Page:Revue des Deux Mondes - 1872 - tome 102.djvu/755

Le texte de cette page a été corrigé et est conforme au fac-similé.

C’est l’avis de la plupart des naturalistes, et leur argument principal, c’est que les oiseaux bâtissent toujours sur le même plan sans y rien changer, tandis que l’homme modifie et perfectionne graduellement ses méthodes de construction. Or cet argument repose-t-il sur des faits incontestables, et la conclusion est-elle légitime ? Un naturaliste anglais qui jouit d’une grande autorité en ces matières, M. Alfred Russel Wallace, l’émule de Darwin, s’attache à démontrer le contraire dans son récent ouvrage sur la Sélection naturelle[1]. Selon lui, l’oiseau ne fait pas son nid par instinct ; les facultés mentales qu’il manifeste dans cette opération sont du même ordre que celles dont l’homme fait preuve en construisant sa demeure, et ces facultés sont simplement l’imitation et un raisonnement rudimentaire qui permet de tenir compte de circonstances extérieures données. Aussi voit-on les oiseaux changer et améliorer leurs procédés sous l’influence des mêmes causes qui déterminent le progrès chez l’homme, et réciproquement ce dernier rester stationnaire lorsqu’il ne reçoit aucune impulsion du dehors.

Qu’est-ce au fond que l’instinct ? C’est la faculté d’accomplir des actes complexes, sans instruction ni expérience préalables ; l’instinct mettrait donc les animaux en état d’exécuter spontanément des actes qui, chez l’homme, supposent un raisonnement, un enchaînement logique d’idées. Or, lorsqu’on entreprend d’examiner les faits d’observation qui sont donnés comme preuve de la puissance de l’instinct, on s’aperçoit qu’ils sont rarement concluans. C’est ainsi qu’il est convenu que le chant est inné chez les oiseaux, et pourtant une expérience des plus simples prouve qu’il dépend de l’enseignement qui leur est donné.
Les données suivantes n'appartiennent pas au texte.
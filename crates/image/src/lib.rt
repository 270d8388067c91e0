// This crate reads an image, which is a table of contents and then the bodies of the devices, packed, and tells why an
// image is refused. What a refusal leaves of a C host's numbers is a definition beside it (specs/Counted.antt).
#![tactic(auto)]

ghost use Rattle.std.specs.Prelude.{◌≡◌, length};
ghost use Rattle.kind.specs.Kind.{body_size};
ghost use Rattle.image.specs.Image.{count_of, edition_of, family_at, second_at, offset_at, flat_at, kind_at, code_at};
ghost use Rattle.image.specs.Image.{entry_of};
ghost use Rattle.image.specs.Refusal.{some_below, equal_bytes, edition_known, battery_malformed, entry_malformed};
ghost use Rattle.image.specs.Refusal.{image_malformed, image_too_long, body_misplaced};
ghost use Rattle.image.specs.Refusal.{code_refused, some_code_refused, code_repeated, some_code_repeated};
ghost use Rattle.image.specs.Refusal.{image_refusal, refusal_number, told_number};

use kind::Kind;

// An entry names its device's kind, with the state of its battery, and where the body starts in the image.
#[derive(Clone, Copy)]
pub struct Entry {
    pub kind: Kind,
    pub start: usize,
}

// An image, a run, a search or a judgement is refused for one of these causes, and the first that applies is given.
#[derive(Clone, Copy, Debug, PartialEq, Eq)]
pub enum Refusal {
    // The image is too short for its entries, has over 64 devices or an unknown edition, or an entry is malformed.
    MalformedImage,
    // A body is not at its packed place, or the image is of another length, or too long.
    MisplacedBody,
    // A code has a wrong CRC, or another family than its entry.
    WrongCode,
    // Two codes are equal.
    EqualCodes,
    // The trace is too long, or has a byte that is no event.
    BadTrace,
    // The trace does not begin with a regular reset.
    NoFirstReset,
    // The trace has a program pulse while a device is not a DS1982.
    BadPulse,
    // A buffer is too short, recorded answers are of another length than the trace, or line states are too few.
    NoRoom,
}

// A C program is told a refusal by its number.
impl From<Refusal> for u32 {
    ghost from_gives = { λ refusal number. number ≡ refusal_number refusal };

    #[tactic(auto, unfolding(crate::specs::Refusal::refusal_number))]
    fn from(refusal: Refusal) -> u32 {
        match refusal {
            Refusal::MalformedImage => 1,
            Refusal::MisplacedBody => 2,
            Refusal::WrongCode => 3,
            Refusal::EqualCodes => 4,
            Refusal::BadTrace => 5,
            Refusal::BadPulse => 6,
            Refusal::NoRoom => 7,
            Refusal::NoFirstReset => 11,
        }
    }
}

// A C program is told by the number 0 that nothing is refused.
pub const ACCEPTED: u32 = 0;

// An image of more bytes than this is refused.
const MOST_BYTES: usize = 65535;

// Byte 0 of an image is the number of its devices.
pub fn count(image: &[u8]) -> u8
    ensures { result ≡ count_of image.now }
{
    bits::byte_at(image, 0)
}

// As it is: image and i stay arguments, as a run and a C program lend an image as bytes that change between two calls.
fn family_at(image: &[u8], i: u8) -> u8
    ensures { result ≡ family_at image.now i }
{
    bits::byte_at(image, 2 + 4 * bits::wide(i))
}

fn second_at(image: &[u8], i: u8) -> u8
    ensures { result ≡ second_at image.now i }
{
    bits::byte_at(image, 2 + 4 * bits::wide(i) + 1)
}

// As it is: an edition is its byte, as `battery_malformed` says what any byte but 1 does, and so it is no enum.
fn edition(image: &[u8]) -> u8
    ensures { result ≡ edition_of image.now }
{
    bits::byte_at(image, 1)
}

// In edition 2 the second byte of an entry is 1 where the device's battery is flat; in edition 1 all are good.
fn flat_at(image: &[u8], i: u8) -> bool
    ensures { result ≡ flat_at image.now i }
{
    edition(image) == 2 && second_at(image, i) == 1
}

fn kind_at(image: &[u8], i: u8) -> Kind
    ensures { result ≡ kind_at image.now i }
{
    kind::kind_of(family_at(image, i), flat_at(image, i))
}

fn offset_at(image: &[u8], i: u8) -> u16
    ensures { result ≡ offset_at image.now i }
{
    let low = bits::byte_at(image, 2 + 4 * bits::wide(i) + 2);
    let high = bits::byte_at(image, 2 + 4 * bits::wide(i) + 3);
    u16::from_le_bytes([low, high])
}

// The entry of device i is decoded. The body is found from its offset alone, so that the cost does not depend on i.
#[tactic(auto, unfolding(crate::specs::Image::entry_of))]
pub fn entry_at(image: &[u8], i: u8) -> Entry
    ensures { result ≡ entry_of image.now i }
{
    Entry {
        kind: kind_at(image, i),
        start: usize::from(offset_at(image, i)),
    }
}

// This tells whether the second byte of an entry is none that the edition has for a device of this kind: edition 1 has
// only 0, edition 2 has 0 and 1, and 1 only for a device with a battery, which a DS1982 is not.
#[tactic(auto, unfolding(crate::specs::Refusal::battery_malformed))]
fn is_battery_malformed(edition: u8, second: u8, kind: Kind) -> bool
    ensures { result ≡ battery_malformed edition second kind }
{
    if edition == 1 {
        second != 0
    } else {
        1 < second || second == 1 && kind::is_eprom(kind)
    }
}

#[tactic(auto, unfolding(crate::specs::Refusal::entry_malformed))]
fn is_entry_malformed(image: &[u8], i: u8) -> bool
    ensures { result ≡ entry_malformed image.now i }
{
    let kind = kind_at(image, i);
    is_battery_malformed(edition(image), second_at(image, i), kind) || kind::is_unknown(kind)
}

fn has_malformed_entry(image: &[u8]) -> bool
    ensures { result ≡ some_below (count_of image.now) (λ i. entry_malformed image.now i) }
{
    (0..count(image)).any(|i| is_entry_malformed(image, i))
}

// An image is of edition 1 or 2.
#[tactic(auto, unfolding(crate::specs::Refusal::edition_known))]
fn is_edition_known(edition: u8) -> bool
    ensures { result ≡ edition_known edition }
{
    matches!(edition, 1 | 2)
}

// Cause 1 is an image too short for its entries, over 64 devices, another edition than 1 or 2, or a malformed entry.
#[tactic(auto, unfolding(crate::specs::Refusal::image_malformed))]
fn is_malformed(image: &[u8]) -> bool
    ensures { result ≡ image_malformed image.now }
{
    let n = count(image);
    image.len() < 2 + 4 * bits::wide(n)
        || 64 < n
        || !is_edition_known(edition(image))
        || has_malformed_entry(image)
}

// Cause 2 is an image that is too long.
#[tactic(auto, unfolding(crate::specs::Refusal::image_too_long))]
fn is_too_long(image: &[u8]) -> bool
    ensures { result ≡ image_too_long image.now }
{
    MOST_BYTES < image.len()
}

// Cause 2 is also a body that is not at its packed place, or an image of another length than the packed bodies have.
fn is_misplaced(image: &[u8]) -> bool
    ensures { result ≡ body_misplaced image.now }
{
    let n = count(image);
    let mut at = 2 + 4 * bits::wide(n);
    for i in 0..n {
        if usize::from(offset_at(image, i)) != at {
            return true;
        }
        at += kind::body_size(kind_at(image, i));
    }
    image.len() != at
}

#[tactic(auto, using(crate::proofs::Laws::short_code), unfolding(crate::specs::Refusal::code_refused))]
fn is_code_refused(image: &[u8], i: u8) -> bool
    ensures { result ≡ code_refused image.now i }
{
    let start = usize::from(offset_at(image, i));
    let end = start + kind::CODE_LENGTH;
    if image.len() < end {
        return true;
    }
    !bits::registration_check(&image[start..end]) || image[start] != family_at(image, i)
}

// Cause 3 is a code with a wrong CRC, or with another family than its entry.
fn is_miscoded(image: &[u8]) -> bool
    ensures { result ≡ some_code_refused image.now }
{
    (0..count(image)).any(|i| is_code_refused(image, i))
}

// As it is: `equal_bytes` takes a code past the image's end as zeros, so that two slices of it cannot be compared.
fn same_code(image: &[u8], i: u8, j: u8) -> bool
    ensures { result ≡ equal_bytes 8 (code_at image.now i) (code_at image.now j) }
{
    let a = usize::from(offset_at(image, i));
    let b = usize::from(offset_at(image, j));
    (0..kind::CODE_LENGTH).all(|k| bits::byte_at(image, a + k) == bits::byte_at(image, b + k))
}

// This tells whether the code of device j is that of a device before it, next to it or not.
fn is_repeated(image: &[u8], j: u8) -> bool
    ensures { result ≡ code_repeated image.now j }
{
    (0..j).any(|i| same_code(image, i, j))
}

// Cause 4 is two equal codes.
fn is_doubled(image: &[u8]) -> bool
    ensures { result ≡ some_code_repeated image.now }
{
    (0..count(image)).any(|j| is_repeated(image, j))
}

// An image is refused for the first cause that applies.
pub fn check(image: &[u8]) -> Result<(), Refusal>
    ensures { told_number result ≡ image_refusal image.now }
{
    if is_malformed(image) {
        return Err(Refusal::MalformedImage);
    }
    if is_too_long(image) || is_misplaced(image) {
        return Err(Refusal::MisplacedBody);
    }
    if is_miscoded(image) {
        return Err(Refusal::WrongCode);
    }
    if is_doubled(image) {
        return Err(Refusal::EqualCodes);
    }
    Ok(())
}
Au siècle dernier, Barrington élevait des linottes, prises dans le nid, avec différentes espèces d’alouettes, et constatait que chaque linotte adoptait entièrement le chant du maître qu’on lui avait donné, à tel point que ces linottes, naturalisées alouettes, faisaient ensuite bande à part au milieu des oiseaux de leur propre espèce. Le rossignol lui-même, dont le chant naturel est si beau, montre dans la domesticité une grande aptitude à imiter d’autres oiseaux chanteurs. C’est donc l’enseignement qui détermine le chant, et il doit en être de même de la nidification. Un oiseau élevé en cage dès sa naissance ne fait pas le nid caractéristique de son espèce ; on a beau lui fournir les matériaux nécessaires, il s’y prend maladroitement, il entasse les matériaux sans art, souvent même il renonce à bâtir quelque chose qui ressemble à un nid. Cette observation bien connue ne prouve-t-elle pas que, loin d’être guidé par l’instinct, l’oiseau apprend à faire son nid, comme l’homme apprend à bâtir ? On la compléterait en lâchant, dans un enclos couvert d’un filet, un couple isolé dès sa naissance, afin de voir quel nid produiront ses efforts

  1. Traduit par M. Lucien de Candolle, Paris 1872. Reinwald.